Mortensen is a 2011 high school grad who sat out last season. He’s another shooter who makes up for any physical shortcomings with his work ethic, Reinland said.
“Dakota reminds of a kid who played here many years ago, Will Hutchens of Dayton, who played so hard I didn’t know how his body survived,” Reinland said. “Dakota is a kamikaze out there who can shoot and drive and is a pretty good overall player. He easily has the highest motor on the team.”
Nooner most reminds Reinland of Bills, the Warriors’ overachieving post from a year ago.
“He’s explosive and athletic, physically strong, and he’s a couple of inches taller than Bills, maybe three,” Reinland said. “He’s kind of a banger and right in there for playing time.”

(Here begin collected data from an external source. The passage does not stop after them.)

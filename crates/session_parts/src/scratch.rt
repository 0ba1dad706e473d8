// The lists that the steps of a call fill, and those of the next one fill again.
ghost use Rattle.std.specs.Prelude.{◌≡◌, ◌≤◌, ℕ, Some, length, map, slice_get, vec_capacity, IsOk, OnOk};
ghost use Rattle.session_parts.specs.Scratch.{HoldsCalls, KeepLists, KeepsScratch, scratch_room};

use object_model::Argument;
use replay_model::Born;
use std::alloc::{AllocError, Global};

// A call has six parameters at most.
const PARAMETERS: usize = 6;

/// What the steps of a call fill: a list for the arguments of each parameter, the handles of one parameter, and the results that are born.
#[derive(Drop)]
pub(crate) struct Scratch {
    pub(crate) args: Vec<Vec<Argument>>,
    pub(crate) handles: Vec<u64>,
    pub(crate) born: Vec<Born>,
}

impl Scratch {
    /// No lists yet. Takes no memory.
    pub(crate) fn new(alloc: Global) -> Scratch {
        Scratch {
            args: Vec::new(alloc),
            handles: Vec::new(alloc),
            born: Vec::new(alloc),
        }
    }

    /// Makes room for calls with so many arguments at each parameter, and so many results.
    pub(crate) fn reserve(&mut self, args: usize, results: usize) -> Result<(), AllocError>
        ensures ok { OnOk result (HoldsCalls args results (scratch_room self.new)) }
        ensures room { KeepsScratch (scratch_room self.old) (scratch_room self.new) }
    {
        self.handles.clear();
        self.handles.reserve(args)?;
        self.born.clear();
        self.born.reserve(results)?;
        add_lists(PARAMETERS, &mut self.args)?;
        widen(args, &mut self.args)
    }
}

// Adds lists up to so many.
pub(crate) fn add_lists(count: usize, all: &mut Vec<Vec<Argument>>) -> Result<(), AllocError>
    ensures count { OnOk result (count ≤ length all.new.items) }
    ensures room { KeepLists (map (λ v. vec_capacity v) all.old.items) (map (λ v. vec_capacity v) all.new.items) }
    ensures succeeds { count ≤ length all.old.items → IsOk result }
{
    let alloc = *all.allocator();
    while all.len() < count {
        all.push(Vec::new(alloc))?;
    }
    Ok(())
}

// A list can hold so many. What it held is gone.
fn widen_one(n: usize, places: &mut Vec<Argument>) -> Result<(), AllocError>
    ensures wide { OnOk result (n ≤ vec_capacity places.new) }
    ensures room { vec_capacity places.old ≤ vec_capacity places.new }
{
    places.clear();
    places.reserve(n)
}

// Each list can hold so many.
fn widen(n: usize, all: &mut Vec<Vec<Argument>>) -> Result<(), AllocError>
    ensures count { length all.new.items ≡ length all.old.items }
    ensures wide { OnOk result ((i : ℕ) (m : ℕ) → slice_get (map (λ v. vec_capacity v) all.new.items) i ≡ Some m → n ≤ m) }
    ensures room { KeepLists (map (λ v. vec_capacity v) all.old.items) (map (λ v. vec_capacity v) all.new.items) }
{
    for k in 0..all.len() {
        widen_one(n, &mut all[k])?;
    }
    Ok(())
}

Scharf, who at 6-10 is the tallest Warrior, turned out for the Warriors two seasons ago. Reinland planned to redshirt Scharf, but an illness ended his season instead.
“Things just didn’t pan out for him and he left school,” Reinland said. “He came to one of our games last year in Spokane, just showed up out of the blue and said, ‘Hey, coach, I want to come back.’
“And right now he is probably our best inside scorer. He has great touch, great hands and good patience in the post. He is one of our most intriguing players.”
In addition to the 11 players Reinland plans to suit up each and every night, their are seven other players at practice who are being redshirted. The list includes Garret Turner, 6-0 guard, Dayton; Jared Allen, 6-7 forward, Twin Falls, Idaho; James Baerlocker, 6-8 post, Lewiston; Garrett Sawyer, 6-1 guard, Central Valley High in Spokane; Adam Baker, 6-2 guard, Richland; Satchel Schetzle, 6-1 guard, St. Mary’s, Idaho; and Shaq Kennedy, 6-1 wing, Jerome, Idaho.
“I could run a jayvee program if I wanted to,” Reinland said. “It just goes to show you how many kids there are out there who want to play.”